I would like every line of the records below that contains the word "number" copied.

+++

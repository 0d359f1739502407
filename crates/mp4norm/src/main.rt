//! `mp4norm`: the normal form of an MP4 file; its boxes, what it denotes as one line, the samples
//! of a track, their bytes; and whether two files say the same.
//!
//! With no words it reads standard input, at most 2^30 bytes, and lists the boxes on standard
//! output. The status is 0, 1 where the file is refused, 2 without memory, 3 where reading or
//! writing failed, 4 where no track has the ID, 5 where two files differ, 64 for words that it
//! doesn't know.
#![tactic(auto)]

ghost use Rattle.std.specs.Prelude.{◌≡◌};
ghost use Rattle.std.specs.Process.{exit_status};
ghost use Rattle.mp4_answers.specs.format.Verdicts.{verdict_status};
ghost use Rattle.mp4_answers.specs.words.StoreAndSink.{IsOf};

mod copies;
mod judging;
mod running;
mod shell;

pub use mp4_answers::{
    Asked, Failure, Form, Job, Line, LineForm, Lines, Listing, Name, Side, Syntax, VerdictStyle,
    Way, answer_laws, boxes, boxes_as, boxes_with_fields, check, check_counted, compare_files,
    count_named, extract, extract_counted, fault_line, laws, normalise, normalise_counted,
    normalise_reduced, perform, print, put_lines, put_verdict, samples, samples_as,
    samples_counted, say_difference, show, show_counted, show_text, status, strip, sum_file,
    text_laws, text_len, verdict_status, way_to,
};
use mp4_boxes::{Refusal, Steps};
use mp4_store::IoSink;
use running::ended;
pub use shell::action::{
    Action, CommandFault, ComparedInputs, Finding, Freeing, Input, Order, SumCheck, Target, Telling,
};
use shell::check_files::{Manner, check_all};
pub use shell::command_line::action;
use shell::descriptors::take_closed;
use shell::file_names::{shown_word, word_of};
use shell::reports::Report;
use shell::run_command::run;
use shell::run_compare::compare_named;
use shell::sum_checks::{Sought, check_sums, put_noted, tell_new};
use std::alloc::{AllocError, Global};
use std::io::{IsTerminal, Write};
use std::marker::Brand;
use std::process::ExitCode;
use std::rt::Env;
use std::sync::ledger::{Blank, Ledger};

/// The status for words that are not known.
const USAGE: u8 = 64;

/// What is said where an answer that is no text would go to a terminal.
const TO_TERMINAL: &[u8] = b"\
error: the answer is no text, and standard output is a terminal: name a file with '--out <NEW>', \
or put the answer into a pipe\n\nFor more information, try '--help'.\n";

/// What stands behind the first lines of the help.
const MORE_HELP: &[u8] = b"\nFor more information, try '--help'.\n";

/// The most bytes that a word of a command line has in Linux, with the zero byte that ends it.
const MOST_OF_WORD: usize = 131_072;

// The words behind the program's name.
fn words(rt: &HostRuntime) -> Result<Vec<String>, AllocError> {
    let alloc = rt.alloc();
    let mut words = Vec::new(alloc);
    let mut room = vec![in alloc; 0u8; MOST_OF_WORD]?;
    for number in 1..usize::MAX {
        let Ok(len) = rt.arg(number, room.as_mut_slice()) else {
            break;
        };
        words.push(word_of(alloc, &room[..len])?)?;
    }
    Ok(words)
}

// The words as people are shown them.
fn shown_words(alloc: Global, words: &[String]) -> Result<Vec<String>, AllocError> {
    let mut all = Vec::new(alloc);
    for word in words {
        all.push(shown_word(alloc, word.as_str())?)?;
    }
    Ok(all)
}

// What is wrong with the words, said of these as people are shown them.
fn shown_fault(rt: &HostRuntime, words: &[String], fault: CommandFault) -> CommandFault {
    if !matches!(fault, CommandFault::Usage(_)) {
        return fault;
    }
    match shown_words(rt.alloc(), words) {
        Ok(words) => match action(rt.alloc(), words.as_slice()) {
            Err(CommandFault::Usage(text)) => CommandFault::Usage(text),
            _ => fault,
        },
        Err(_) => CommandFault::Memory,
    }
}

// Says what there is to say of an answer, and gives the status.
fn end(rt: &HostRuntime, answer: Result<(), Refusal>) -> ExitCode
    ensures { exit_status result ≡ verdict_status answer }
{
    ended(&mut IoSink::new(rt.stderr()), &answer)
}

// The same, but nothing is said where whoever reads the answer has gone.
fn end_heard(rt: &HostRuntime, answer: Result<(), Refusal>, report: &Report) -> ExitCode
    ensures { exit_status result ≡ verdict_status answer }
{
    if report.is_silent() && matches!(answer, Err(Refusal::WriteFailed)) {
        return ExitCode::from(verdict_status(&answer));
    }
    end(rt, answer)
}

// The status of verdicts, or what there is to say where these could not be given.
fn end_verdicts(rt: &HostRuntime, worst: Result<u8, Refusal>, report: &Report) -> ExitCode {
    match worst {
        Ok(status) => ExitCode::from(status),
        Err(refusal) => end_heard(rt, Err(refusal), report),
    }
}

// Whether the answer is no text, and would go to a terminal.
fn fills_terminal(rt: &HostRuntime, job: &Job, order: Order) -> bool {
    let is_text = !matches!(
        job,
        Job::Normalise | Job::Reduce { .. } | Job::Extract { .. } | Job::Strip { .. }
    );
    !is_text && matches!(order.target, Target::Standard) && rt.stdout().is_terminal()
}

// Does a job, unless its answer would fill a terminal, and says what there is to say of it.
fn do_job<L: Ledger, M: Ledger>(
    rt: &HostRuntime,
    job: Job,
    order: Order,
    steps: &mut Steps<L, M>,
) -> ExitCode {
    if fills_terminal(rt, &job, order) {
        let _ = rt.stderr().write_all(TO_TERMINAL);
        return ExitCode::from(USAGE);
    }
    let mut report = Report::new(order.telling);
    let answer = run(rt, job, order, steps, &mut report);
    end_heard(rt, answer, &report)
}

// Does what the words ask for. Steps and looks are counted in these ledgers.
fn act<L: Ledger, M: Ledger>(
    rt: &HostRuntime,
    action: Action,
    steps: Blank,
    looks: Blank,
) -> ExitCode
    requires steps { IsOf L.Ledger steps }
    requires looks { IsOf M.Ledger looks }
{
    let mut counted = Steps::<L, M>::new(steps, looks);
    match action {
        Action::Run { job, order } => do_job(rt, job, order, &mut counted),
        Action::Strip { names, order } => {
            let names = names.as_slice();
            do_job(rt, Job::Strip { names }, order, &mut counted)
        }
        Action::CheckSums { list, how } => {
            let mut report = Report::new(how.telling);
            let worst = check_sums(rt, list, how, &mut report, &mut counted);
            end_verdicts(rt, worst, &report)
        }
        Action::NewNames {
            list,
            files,
            names,
            end,
            telling,
        } => {
            let words = files.as_slice();
            let sought = Sought { words, names, end };
            let mut report = Report::new(telling);
            let worst = tell_new(rt, list, sought, &mut report);
            end_verdicts(rt, worst, &report)
        }
        Action::Compare(comparison) => compare_named(rt, comparison, &mut counted),
        Action::Check {
            files,
            list,
            finding,
            style,
            freeing,
            telling,
        } => {
            let files = files.as_slice();
            let manner = Manner::of(files, list, finding, style, freeing, telling);
            let mut report = Report::new(telling);
            let worst = check_all(rt, files, list, manner, &mut report, &mut counted);
            end_verdicts(rt, worst, &report)
        }
    }
}

// Says why there is nothing to do.
fn tell(rt: &HostRuntime, fault: CommandFault) -> ExitCode {
    match fault {
        CommandFault::Help(text) => {
            let mut report = Report::new(Telling::NOTHING);
            let put = put_noted(rt, text.as_str().as_bytes(), &mut report);
            end_heard(rt, put, &report)
        }
        CommandFault::Usage(text) | CommandFault::Shown(text) => {
            let _ = rt.stderr().write_all(text.as_str().as_bytes());
            ExitCode::from(USAGE)
        }
        CommandFault::Memory => end(rt, Err(Refusal::Memory)),
    }
}

// What is said where no word is given and no file comes, since standard input is a terminal: the
// help, up to its options.
fn first_help(alloc: Global) -> Result<Vec<u8>, AllocError> {
    let mut text = Vec::new(alloc);
    let words = vec![in alloc; String::from_str(alloc, "--help")?]?;
    if let Err(CommandFault::Help(help)) = action(alloc, words.as_slice()) {
        let (first, _) = help
            .as_str()
            .split_once("\nOptions:")
            .unwrap_or((help.as_str(), ""));
        text.extend_from_slice(first.as_bytes())?;
    }
    text.extend_from_slice(MORE_HELP)?;
    Ok(text)
}

// Says how the program is used.
fn tell_usage(rt: &HostRuntime) -> ExitCode {
    match first_help(rt.alloc()) {
        Ok(text) => {
            let _ = rt.stderr().write_all(text.as_slice());
            ExitCode::from(USAGE)
        }
        Err(_) => end(rt, Err(Refusal::Memory)),
    }
}

fn main(rt: HostRuntime) -> ExitCode {
    let _taken = take_closed(&rt);
    let Ok(words) = words(&rt) else {
        return end(&rt, Err(Refusal::Memory));
    };
    let words = words.as_slice();
    if words.is_empty() && rt.stdin().is_terminal() {
        return tell_usage(&rt);
    }
    match action(rt.alloc(), words) {
        Ok(action) => act::<Brand, Brand>(&rt, action, Blank::new(1), Blank::new(1)),
        Err(fault) => tell(&rt, shown_fault(&rt, words, fault)),
    }
}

+++

• _SOLUTION TO THIS PROBLEM_:
    for number in 1..usize::MAX {
        let Ok(len) = rt.arg(number, room.as_mut_slice()) else {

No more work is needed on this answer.